Medizinischer Notfall wegen Shisha-Pfeife

Eine nicht abgelöschte Shisha-Pfeife hat Dienstagfrüh zu einem Einsatz aufgrund einer hohen Kohlenmonoxid-Konzentration in einer Wohnung in Wels-Vogelweide gesorgt.

Der Rettungsdienst wurde aufgrund eines medizinischen Notfalls in eine Wohnung im Welser Stadtteil Vogelweide alarmiert. Beim Betreten der Wohnung schlug der CO-Warner des Rettungsdienstes Alarm. Deshalb wurde die Feuerwehr zur näheren Untersuchung an den Einsatzort geholt. Es zeigte sich in weiterer Folge offenbar, dass eine nicht abgelöschte Shisha-Pfeife für eine hohe Kohlenmonoxid-Konzentration in der nicht ausreichend belüfteten Wohnung gesorgt hat, was in weiterer Folge vermutlich zu dem medizinischen Notfall geführt hat.

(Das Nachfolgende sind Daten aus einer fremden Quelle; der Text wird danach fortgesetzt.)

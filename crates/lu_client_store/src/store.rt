//! What a client holds, and what each entry of its turns makes of it.

ghost use Rattle.std.specs.Prelude.{◌≡◌, ◌+◌, ◌≤◌, ◌^◌, ℕ, List, [], ◌∷◌, false, length, option_map, IfOk, OnOk, OnErr, IfSome, IfNone};
ghost use Rattle.lu_base.specs.declared.ids.Who.{Who};
ghost use Rattle.lu_held.specs.Locks.{named, name_of};
ghost use Rattle.lu_held.specs.Held.{is_held, to_trim};
ghost use Rattle.lu_spec_entries.specs.Words.{Hold, Drop as DropOf, Life, Pins, Unpins, Marks, Unmarks, Learns, Changes, Acks, Fills, Zeroes, Grown, Shows};
ghost use Rattle.lu_cache.specs.Cached.{cache_after};
ghost use Rattle.lu_spec_client.specs.Patches.{in_flight, next_flush};
ghost use Rattle.lu_spec_client.specs.Facts.{without_facts};
ghost use Rattle.lu_spec_client.specs.Caches.{held_as, forgotten_bytes, forgotten_notes, patch_at};
ghost use Rattle.lu_client_store.specs.Stored.{first_state, stored_after, stored_sent, stored_marked, locks_held, trims_left, IsInFile};

use super::patches::Patches;
use lu_base::{Ask, Extent, Lock, Memory, Policy, Resource, TargetId};
use lu_cache::Cache;
use lu_held::{Held, LockName};
use lu_msg::{Answer, Op};
use lu_spec_entries::Flush;
use std::alloc::Global;
use std::marker::Model;

/// The locks that a client holds, what it knows under them, and its own changes of objects. Offsets and sizes are in
/// bytes, from 0. No size that is kept is above 2^40, and no change reaches past it.
#[derive(Drop)]
pub struct Store {
    pub(crate) held: Held,
    pub(crate) cache: Cache,
    pub(crate) patches: Patches,
}

impl Model for Store {
    ghost use Rattle.lu_client_store.specs.Stored.{StoreState};
    ghost use Rattle.lu_client_store.specs.Bounds.{AreShort};

    ghost Value = { StoreState };

    ghost view = { λ s. record {
      unused = s.held.unused;
      facts = s.cache.facts;
      store = record {
        held = s.held.locks;
        bytes = s.cache.bytes;
        sizes = s.cache.sizes;
        shown = s.cache.shown;
        patches = s.patches;
      };
    } };

    ghost invariant = { λ s. AreShort s.cache.sizes };
}

/// Holds a lock that a target granted, as the last used; it is called back already where `marked`. After want of memory
/// nothing has changed.
fn grant(held: &mut Held, target: TargetId, lock: &Lock, marked: bool) -> Result<(), Memory>
    requires absent { is_held (named target lock.now.cookie) held.old.locks ≡ false }
    ensures added { OnOk result (held.new
        ≡ record held.old { locks = held_as target.0 lock.now marked ∷ held.old.locks }) }
    ensures kept { OnErr result (held.new ≡ held.old) }
{
    held.granted(target, *lock)?;
    if marked {
        held.block(target, lock.cookie);
        return Ok(());
    }
    Ok(())
}

/// Learns what an answer tells of names, attributes, lists and layouts. After want of memory nothing has changed.
fn learn_names(cache: &mut Cache, op: &Op, answer: &Answer, locks: &[Lock]) -> Result<(), Memory>
    ensures learned { OnOk result ((target : ℕ)
        → cache.new ≡ cache_after cache.old (Learns target op.now answer.now locks.now)) }
    ensures kept { OnErr result (cache.new ≡ cache.old) }
{
    if let Op::Enqueue { .. } = op {
        return Ok(());
    }
    cache.know(op, answer, locks)
}

/// Forgets the facts under a lock that is given up: the metadata target's locks guard them.
fn forget_names(cache: &mut Cache, target: TargetId, lock: &Lock)
    ensures forgotten { cache.new ≡ record cache.old { facts = without_facts target.0 lock.now cache.old.facts } }
{
    if target.0 == 0 {
        cache.forget(&Lock {
            ask: Ask {
                policy: Policy::Bits(0),
                ..lock.ask
            },
            ..*lock
        });
    }
}

/// Forgets what is known of an object under a lock on a range of it that is given up.
fn forget_range(cache: &mut Cache, lock: &Lock)
    ensures forgotten { cache.new ≡ record cache.old {
      bytes = forgotten_bytes lock.now.ask.policy lock.now.resource cache.old.bytes;
      sizes = forgotten_notes lock.now.ask.policy lock.now cache.old.sizes;
      shown = forgotten_notes lock.now.ask.policy lock.now cache.old.shown;
    } }
{
    if let Policy::Range(_) = lock.ask.policy {
        cache.forget(lock);
    }
}

impl Store {
    /// Nothing is held, known or changed. At most `unused` locks that are neither pinned nor marked are kept by `trim`.
    pub fn new(alloc: Global, unused: u32) -> Result<Store, Memory>
        ensures first { IfOk result (λ store. store ≡ first_state unused) }
    {
        Ok(Store {
            held: Held::new(alloc, unused)?,
            cache: Cache::new(alloc),
            patches: Patches::new(alloc),
        })
    }

    // ---- held locks

    /// Holds a lock that a target granted, as the last used; it is called back already where `marked`. Keeps the object's
    /// size that came with it, at most 2^40, where the lock reaches the end. After want of memory nothing has changed.
    pub fn hold(
        &mut self,
        target: TargetId,
        lock: &Lock,
        marked: bool,
        size: Option<u64>,
    ) -> Result<(), Memory>
        requires absent { is_held (named target lock.now.cookie) self.old.store.held ≡ false }
        requires short { IfSome size (λ n. n ≤ 2 ^ 40) }
        ensures held { OnOk result ((seen : List ℕ)
            → self.new ≡ stored_after self.old (Hold target.0 lock.now marked size seen)) }
        ensures kept { OnErr result (self.new ≡ self.old) }
    {
        grant(&mut self.held, target, lock, marked)?;
        if let Err(error) = self.cache.hold(lock, size) {
            self.held.remove(target, lock.cookie);
            return Err(error);
        }
        Ok(())
    }

    /// Gives a lock up: it is held no more, and what is known under it is forgotten.
    pub fn drop_lock(&mut self, target: TargetId, lock: &Lock)
        ensures dropped { self.new ≡ stored_after self.old (DropOf target.0 lock.now) }
    {
        self.held.remove(target, lock.cookie);
        forget_names(&mut self.cache, target, lock);
        forget_range(&mut self.cache, lock);
    }

    /// Pins a lock: it is in use. Where it isn't held nothing changes.
    pub fn pin(&mut self, name: LockName)
        ensures pinned { self.new ≡ stored_after self.old (Pins name) }
    {
        self.held.pin(name.target, name.cookie);
    }

    /// Takes one pin from a lock, which is the last used then. Where it isn't held nothing changes.
    pub fn unpin(&mut self, name: LockName)
        ensures unpinned { self.new ≡ stored_after self.old (Unpins name) }
    {
        self.held.unpin(name.target, name.cookie);
    }

    /// Marks a lock: it is to be given back. False where it isn't held; then nothing has changed.
    pub fn mark(&mut self, name: LockName) -> bool
        ensures held { result ≡ is_held name self.old.store.held }
        ensures marked { self.new ≡ stored_after self.old (Marks name) }
    {
        self.held.block(name.target, name.cookie)
    }

    /// Takes the marks of a target's locks away.
    pub fn unmark(&mut self, target: TargetId)
        ensures unmarked { self.new ≡ stored_after self.old (Unmarks target.0) }
    {
        self.held.unmark(target);
    }

    /// Where more locks than may be kept are neither pinned nor marked, marks the least recently used of them, and
    /// answers its name; none where at most as many are.
    pub fn trim(&mut self) -> Option<LockName>
        ensures trimmed { result ≡ option_map name_of (to_trim (locks_held self.old)) }
        ensures marked { self.new ≡ stored_marked result self.old }
        ensures some { IfSome result (λ name. trims_left self.old ≡ Marks name ∷ trims_left self.new) }
        ensures none { IfNone result (trims_left self.old ≡ []) }
    {
        let (target, cookie) = self.held.trim()?;
        Some(LockName { target, cookie })
    }

    // ---- what is known

    /// Learns what an answer tells of names, attributes, lists and layouts, under the locks that came with it. After want
    /// of memory nothing has changed.
    pub fn learn(
        &mut self,
        target: TargetId,
        op: &Op,
        answer: &Answer,
        locks: &[Lock],
    ) -> Result<(), Memory>
        ensures learned { OnOk result (self.new ≡ stored_after self.old (Learns target.0 op.now answer.now locks.now)) }
        ensures kept { OnErr result (self.new ≡ self.old) }
    {
        learn_names(&mut self.cache, op, answer, locks)
    }

    /// Bytes of an object are known from this offset on. After want of memory nothing has changed.
    pub fn fill(&mut self, resource: Resource, at: u64, from: &[u8]) -> Result<(), Memory>
        requires fits { at + length from.now ≤ 2 ^ 62 }
        ensures filled { OnOk result (self.new ≡ stored_after self.old (Fills resource at from.now)) }
        ensures kept { OnErr result (self.new ≡ self.old) }
    {
        self.cache.fill(resource, at, from)
    }

    /// Makes the known bytes of an object 0 from this offset on.
    pub fn zero(&mut self, resource: Resource, n: u64)
        ensures zeroed { self.new ≡ stored_after self.old (Zeroes resource n) }
    {
        self.cache.cut(resource, n);
    }

    /// Makes the sizes that are kept for an object those after an answered change of it.
    pub fn grow(&mut self, resource: Resource, change: &Flush)
        requires fits { IsInFile change.now }
        ensures grown { self.new ≡ stored_after self.old (Grown resource change.now) }
    {
        self.cache.grow(resource, change);
    }

    /// Keeps the greatest offset that was shown under a lock. After want of memory nothing has changed.
    pub fn show(&mut self, lock: &Lock, last: u64) -> Result<(), Memory>
        ensures shown { OnOk result (self.new
            ≡ stored_after self.old (Shows lock.now.resource lock.now.cookie last)) }
        ensures kept { OnErr result (self.new ≡ self.old) }
    {
        self.cache.show(lock, last)
    }

    // ---- changes

    /// Changes an object: cuts it, or writes bytes. After want of memory nothing has changed.
    pub fn change(&mut self, resource: Resource, change: &Flush) -> Result<(), Memory>
        requires fits { IsInFile change.now }
        ensures changed { OnOk result (self.new ≡ stored_after self.old (Changes resource change.now)) }
        ensures kept { OnErr result (self.new ≡ self.old) }
    {
        self.patches.change(resource, change)
    }

    /// The next write-back of an object's changes in a range: the pending cut, or else the dirty run of least offset, which
    /// ends with its page and with the range. None where there is no change in the range. It is under way then; none is
    /// before. After want of memory nothing has changed.
    pub fn take_flush(
        &mut self,
        resource: Resource,
        within: Extent,
    ) -> Result<Option<Flush>, Memory>
        requires rests { in_flight (patch_at resource self.old.store.patches) ≡ false }
        ensures flush { IfOk result (λ flush.
            flush ≡ next_flush within (patch_at resource self.old.store.patches)) }
        ensures in_file { IfOk result (λ flush. IfSome flush IsInFile) }
        ensures sent { IfOk result (λ flush. self.new ≡ stored_sent resource flush self.old) }
        ensures kept { OnErr result (self.new ≡ self.old) }
    {
        self.patches.take_flush(resource, within)
    }

    /// Takes away what was in flight of an object and wasn't touched since: its write-back was answered.
    pub fn ack(&mut self, resource: Resource)
        ensures acked { self.new ≡ stored_after self.old (Acks resource) }
    {
        self.patches.ack(resource);
    }

    /// A new life begins: nothing is known and nothing is changed. What is held stays until it is given up.
    pub fn begin_life(&mut self)
        ensures begun { (who : Who) → self.new ≡ stored_after self.old (Life who) }
    {
        self.cache.clear();
        self.patches.clear();
    }
}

Auto kracht auf Westautobahn in ein Fahrzeug der Asfinag

Ein Auto ist Mittwochnachmittag auf der Westautobahn bei Sattledt (Bezirk Wels-Land) bei Bauarbeiten in einen Warnleitanhänger eines Baustellenfahrzeug gekracht.

Der Unfall ereignete sich auf der Überholspur der Westautobahn in Fahrtrichtung Wien kurz nach der Autobahnauffahrt Sattledt.
“Ein 21-Jähriger aus dem Bezirk Freistadt fuhr mit seinem PKW Richtung Wien. Aus noch ungeklärter Ursache fuhr er plötzlich auf ein Erhaltungsfahrzeug, gelenkt von einem 58-jährigen Linzer, auf.

Das hatte für Bauarbeiten am linken Fahrstreifen angehalten. Der 21-Jährige gab anschließend an, das Fahrzeug übersehen zu haben. Nach dem ungebremsten Aufprall schleuderte er auf den mittleren Fahrstreifen, wobei er ein weiteres Fahrzeug touchierte. Dieses kam auch ins Schleudern und fuhr in den Grünstreifen. Der Lenker blieb unverletzt. Der 21-Jährige wurde mit dem Notarzthubschrauber, der 58-Jährige mit der Rettung ins Klinikum Wels eingeliefert, beide wurden unbestimmten Grades verletzt”, berichtet die Polizei.

Der Warnleitanhänger – ein LKW mit Anhänger, welches eine Spursperre anzeigt wurde schwerst beschädigt, auch der LKW wurde schwer in Mitleidenschaft gezogen. Feuerwehr, Rettungsdienst, Notarzthubschrauber, die Autobahnpolizei, der Polizeihubschrauber und die ASFINAG standen ebenso wie eine Spezialbergeunternehmen im Einsatz.

Die Westautobahn war in Fahrtrichtung Wien rund eine halbe Stunde für den Verkehr gesperrt. Danach war die Unfallstelle rund zwei Stunden nur einspurig passierbar, 13 Kilometer Stau – bis Vorchdorf – waren die Folge.

Brand einer Thujenhecke in Weißkirchen

Die Feuerwehr wurde Dienstagmittag zu einem Heckenbrand nach Weißkirchen an der Traun (Bezirk Wels-Land) alarmiert.

Ersten Angaben zufolge hat es geheißen, dass bereits mehrere Hecken brennen sollen, glücklicherweise war das Brandereignis trotz der erheblichen Rauchentwicklung noch überschaubar.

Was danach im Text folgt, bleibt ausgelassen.